Para enfrentar esa depresión y superarla, no es recomendable luchar contra ella con antidepresivos ni cuanto fármaco más se invente, sino asumirla como parte de este mundo, y así poder salir de ella. No hay fórmulas mágicas sino definiciones muy sencillas: vivir de forma plena. No sólo ir al gimnasio, sino leer y reflexionar sobre la vida. Eso es algo que más pueden ayudar para saber que uno es un ser único y cada quien puede hacer de sí lo que quiera.

Uno puede después transformarse en un querubín, un ángel o un demonio con tridente, pero por lo pronto, aquí en la Tierra, uno será un ser único, y es muy particular darse cuenta de esa unicidad. “Allí es donde empieza a plantearse el problema de la pregunta, porque muchas veces lo que los jóvenes encuentran como solución es lo más peligroso: perder la identidad”, igualmente diría Solares.

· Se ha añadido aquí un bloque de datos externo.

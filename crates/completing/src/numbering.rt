use crate::chain_write::{Chain, ChainWrite};
use crate::count::{Count, No};
use crate::records::Records;
use crate::table::Table;
use events::{Rec, Seen};
use places::Place;
use std::alloc::Global;
use version_pair::{NoMemory, Pair};
use write_chain::sort_nearly_ordered;

// How far apart the numbers of two places are. Each index of a call is below it, so that a place and a call
// determine a number.
const APART: u64 = 1_048_576;

// An answered record outside the chain. They are in the order by stretch, then in response order.
#[derive_where(Clone, Copy, PartialEq, Eq, PartialOrd, Ord)]
struct Outside<D: Count> {
    stretch: usize,
    reply_at: usize,
    rec: No<D>,
}

// The pair of an invented write with no greater pair after it.
fn last_pair(seen: Seen, place: usize, call_at: usize) -> Option<Pair> {
    let place = u64::try_from(place).ok()?;
    let call_at = u64::try_from(call_at).ok()?;
    let term = seen.term.checked_add(1)?.checked_add(place)?;
    Pair::new(term, call_at)
}

// The pair of an invented write before a pair of a greater term.
fn term_pair(term: u64, seen: Seen, place: usize, call_at: usize) -> Option<Pair> {
    let place = u64::try_from(place).ok()?;
    let call_at = u64::try_from(call_at).ok()?;
    let far = place.checked_mul(APART)?;
    let seq = seen
        .seq
        .checked_add(1)?
        .checked_add(far)?
        .checked_add(call_at)?;
    Pair::new(term, seq)
}

// The next known pair after each invented write, from the last to the first.
fn pairs_behind<D: Count>(
    alloc: Global,
    writes: &[ChainWrite<D>],
) -> Result<Vec<Option<Pair>>, NoMemory> {
    let mut behind = Vec::new(alloc);
    let mut next = None;
    for write in writes.iter().rev() {
        match write.pair {
            Some(_) => next = write.pair,
            None => behind.push(next)?,
        }
    }
    Ok(behind)
}

// The answered records outside the chain, by stretch, then in response order.
fn reads_in_order<D: Count>(
    alloc: Global,
    records: Records<'_, D>,
    stretches: &Table<D, Option<usize>>,
) -> Result<Vec<Outside<D>>, NoMemory> {
    let mut reads = Vec::with_capacity(alloc, records.len())?;
    for index in 0..records.len() {
        let rec = No::new(index);
        if let Some(stretch) = stretches.of(rec) {
            if let Some(heard) = records.of(rec).heard {
                reads.push(Outside {
                    stretch,
                    reply_at: heard.0,
                    rec,
                })?;
            }
        }
    }
    sort_nearly_ordered(&mut reads);
    Ok(reads)
}

// The pairs of the writes of the chain, which are assigned from the first to the last.
#[derive(Drop)]
struct PairNumbering {
    seen: Seen,
    // The next known pair after each invented write that is left, from the last to the first.
    behind: Vec<Option<Pair>>,
    // The pair of the write before the next one.
    last: Option<Pair>,
}

impl PairNumbering {
    // The pair of an invented write after the last pair and before one of a greater term, if one comes.
    fn invented_pair(&mut self, found: Rec, place: usize) -> Option<Pair> {
        let Some(next) = self.behind.pop()? else {
            return last_pair(self.seen, place, found.call_at);
        };
        let term = self.last.map_or(1, |last| last.term());
        if term < next.term() {
            term_pair(term, self.seen, place, found.call_at)
        } else {
            None
        }
    }

    // The place of the next write of the chain, with this index in the order. `None` if its pair would be
    // between two pairs of one term, or out of range.
    fn place_of<D: Count>(
        &mut self,
        write: ChainWrite<D>,
        found: Rec,
        place: usize,
    ) -> Option<Place> {
        self.last = match write.pair {
            Some(pair) => Some(pair),
            None => self.invented_pair(found, place),
        };
        let own = self.last?;
        Some(Place {
            rec: write.rec.index(),
            // A reply that shows the pair needs no pair at its place.
            pair: match found.pair_taken() {
                Some(_) => None,
                None => Some(own),
            },
        })
    }
}

// Adds the places of the reads, from one of them on, up to a stretch; and which one is next.
fn push_reads<D: Count>(
    places: &mut Vec<Place>,
    reads: &[Outside<D>],
    next: usize,
    last: usize,
) -> Result<usize, NoMemory> {
    for i in next..reads.len() {
        let Outside { stretch, rec, .. } = reads[i];
        if stretch > last {
            return Ok(i);
        }
        places.push(Place {
            rec: rec.index(),
            pair: None,
        })?;
    }
    Ok(reads.len())
}

/// Returns the places of the order, by stretch, its write first, then in response order. Writes without a
/// pair are numbered: if no pair comes after them, with a new term, and before a greater term, with a
/// sequence number that was not seen. Returns `None` if there is no such number; so for a write between two
/// pairs of one term.
pub fn places_with_pairs<D: Count>(
    alloc: Global,
    records: Records<'_, D>,
    chain: &Chain<D>,
    seen: Seen,
) -> Result<Option<Vec<Place>>, NoMemory> {
    let writes = chain.writes.as_slice();
    let mut numbering = PairNumbering {
        seen,
        behind: pairs_behind(alloc, writes)?,
        last: None,
    };
    let reads = reads_in_order(alloc, records, &chain.stretches)?;
    let mut places = Vec::with_capacity(alloc, writes.len() + reads.len())?;
    let mut next = 0;
    for stretch in 0..writes.len() {
        next = push_reads(&mut places, &reads, next, stretch)?;
        let write = writes[stretch];
        match numbering.place_of(write, records.of(write.rec), places.len()) {
            Some(place) => places.push(place)?,
            None => return Ok(None),
        }
    }
    push_reads(&mut places, &reads, next, usize::MAX)?;
    Ok(Some(places))
}
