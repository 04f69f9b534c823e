ghost use Rattle.std.specs.Prelude.{◌≤◌, length};

use version_pair::Pair;

/// A value that has a pair.
pub trait HasPair {
    /// Returns the pair.
    fn pair(&self) -> Pair;
}

impl<T> HasPair for (Pair, T) {
    fn pair(&self) -> Pair {
        self.0
    }
}

// The number of entries on either side that are examined before the whole list is searched.
const NEAR: usize = 16;

// The index of the first entry from an index on that is not below the pair, if it is one of the next few.
fn place_above<T: HasPair>(entries: &[T], pair: Pair, from: usize) -> Option<usize>
    requires { from ≤ length entries.now }
{
    for at in from..from + NEAR.min(entries.len() - from) {
        if entries[at].pair() >= pair {
            return Some(at);
        }
    }
    None
}

// The number of these entries that are below the pair, if it isn't below more than the last few.
fn place_below<T: HasPair>(before: &[T], pair: Pair) -> Option<usize> {
    let mut lesser = before;
    for _ in 0..NEAR {
        match lesser.split_last() {
            Some((last, rest)) if last.pair() >= pair => lesser = rest,
            _ => return Some(lesser.len()),
        }
    }
    None
}

// The index of the first entry that is not below the pair. It is searched for near another index first.
fn place_near<T: HasPair>(entries: &[T], pair: Pair, near: usize) -> usize {
    let from = near.min(entries.len());
    let (before, after) = entries.split_at(from);
    let place = match after.first() {
        Some(entry) if entry.pair() < pair => place_above(entries, pair, from),
        _ => place_below(before, pair),
    };
    match place {
        Some(at) => at,
        None => entries.partition_point(|entry| entry.pair() < pair),
    }
}

// The entry at the index, if it has the pair.
fn entry_at<T: HasPair + Copy>(entries: &[T], pair: Pair, place: usize) -> Option<T> {
    match entries.get(place) {
        Some(entry) if entry.pair() == pair => Some(*entry),
        _ => None,
    }
}

/// Returns the entry with the pair, in a list by rising pair, if there is one.
pub fn find<T: HasPair + Copy>(entries: &[T], pair: Pair) -> Option<T> {
    let place = entries.partition_point(|entry| entry.pair() < pair);
    entry_at(entries, pair, place)
}

/// Returns the same entry. It is searched for near another index first, since pairs that are asked for one
/// after the other are mostly near one another; that index becomes the one of the entry, or of the first entry
/// with a greater pair.
pub fn find_near<T: HasPair + Copy>(entries: &[T], pair: Pair, near: &mut usize) -> Option<T> {
    *near = place_near(entries, pair, *near);
    entry_at(entries, pair, *near)
}
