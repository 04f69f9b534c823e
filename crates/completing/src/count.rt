ghost use Rattle.std.specs.Prelude.{◌<◌, ℕ};

use std::alloc::AllocError;
use std::marker::{Brand, PhantomData};

/// How many there are of something that is numbered: of the records of a document, or of the stretches of a chain.
/// The contracts know the number; so that it needn't be said at each call, it belongs to a type.
pub trait Count {
    ghost number: { ℕ };
}

// Whoever calls a function with `Brand` chooses the number, in the proof of the call; this one is never taken.
impl Count for Brand {
    ghost number = { 0 };
}

/// The number of one of them, from 0; it is below the count.
#[derive_where(PartialEq, Eq, PartialOrd, Ord)]
pub struct No<C: Count> {
    index: usize,
    #[derive_where(skip)]
    count: PhantomData<C>,
    ghost within: { index < C.number },
}

impl<C: Count> Clone for No<C> {
    fn clone(&self) -> Result<No<C>, AllocError> {
        Ok(No::new(self.index))
    }
}

impl<C: Count> Copy for No<C> {}

impl<C: Count> No<C> {
    /// Returns the number of the one at the index.
    pub fn new(index: usize) -> No<C>
        // There is one.
        requires { index < C.number }
    {
        No {
            index,
            count: PhantomData,
        }
    }

    /// Returns the index of the one with the number.
    pub fn index(self) -> usize
        ensures { result < C.number }
    {
        self.index
    }

    /// Returns the number before this one; `None` before the first.
    pub fn before(self) -> Option<No<C>> {
        match self.index {
            0 => None,
            index => Some(No::new(index - 1)),
        }
    }
}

Uno puede volverse gregario, integrarse a grupos en los cuales uno deja de ser quien es, eso que Erich Fromm llamó miedo a la libertad y nosotros podríamos llamar miedo a la identidad, a la propia, que es algo terrible, porque entonces lo que puede suceder es que alguien diga lo que uno debe hacer, qué pensar, qué no pensar, qué creer, qué no creer… o, en términos actuales e inmediatos, por quién votar y por quién no votar.

Ese es uno de los peligros gravísimos, que hasta lo celebra a su manera la Iglesia, particularmente nuestra iglesia.

De ahí se deriva otro gran cuestionamiento: ¿creer en Dios?

El problema de Dios, como término, es que es una palabra muy gastada. La palabra Dios refiere a una serie de planteamientos directamente religiosos. Por ejemplo, detrás de Dios está el fanatismo, están las iglesias, están los prejuicios, los estigmas, las grandes barbaries, y en todo eso hemos dejado de creer poco a poco.

Porque, ¿en qué clase de Dios creer? ¿El castigador o el bondadoso?

Cristo es un mediador entre el hombre y algo más, si es que lo hay. Por eso la enorme mayoría cree más en su figura, porque si hay una figura humana en ese sentido es Cristo. Con todo, el aspecto religioso es inherente a la vida, y preocupa más la situación del ser humano que la existencia de un ser superior y, sobre todo, hemos ido aprendiendo que si existe algo, está en relación directa con nuestro trabajo hacia él.

Hoy la Iglesia se ha convertido en una institución como de la Edad Media, y sobre todo queriendo transformar al ser humano en un retrógrada del siglo XXI, después de todo lo que se ha sufrido para lograr que la ciencia nos dé una nueva luz. Por ello, en una relación contemporánea, Dios está más ligado a la ciencia que a las iglesias.

Dios ahora mismo está más en el científico que trabaja con el microscopio que en el obispo, porque es un hecho que Dios nada tiene que ver con él.

Y si alguna vez Dios fue una utopía, al menos en una etapa de la vida, en nuestra infancia lejana y cada vez con más lagunas, hoy se ha vuelto un factor para la depresión, porque la filosofía se ha convertido en retórica hueca, sin mayor significado que el valor de la inmediatez, como la euforia transitoria de una dosis de cualquier droga en uso en la simulación cómplice de las autoridades.

Como dicen: en cierto sentido, la ciencia y la religión nunca estarán verdaderamente reconciliadas. Quizás no deberían estarlo.

El escenario contumaz de la ciencia es la eterna duda; el corazón de la religión es la fe. Seguramente tanto la gente de profundas convicciones religiosas como los grandes científicos tratan de comprender el mundo.

En otro tiempo, la ciencia y la religión fueron vistas como dos formas, fundamentalmente diferentes, incluso antagónicas, de perseguir tal búsqueda, y la ciencia fue acusada de enterrar la fe y matar a Dios. Ahora, en cambio, puede que refuerce la fe.

Y aunque no pueda probar la existencia de Dios, la ciencia podría susurrar a los creyentes dónde buscar lo divino.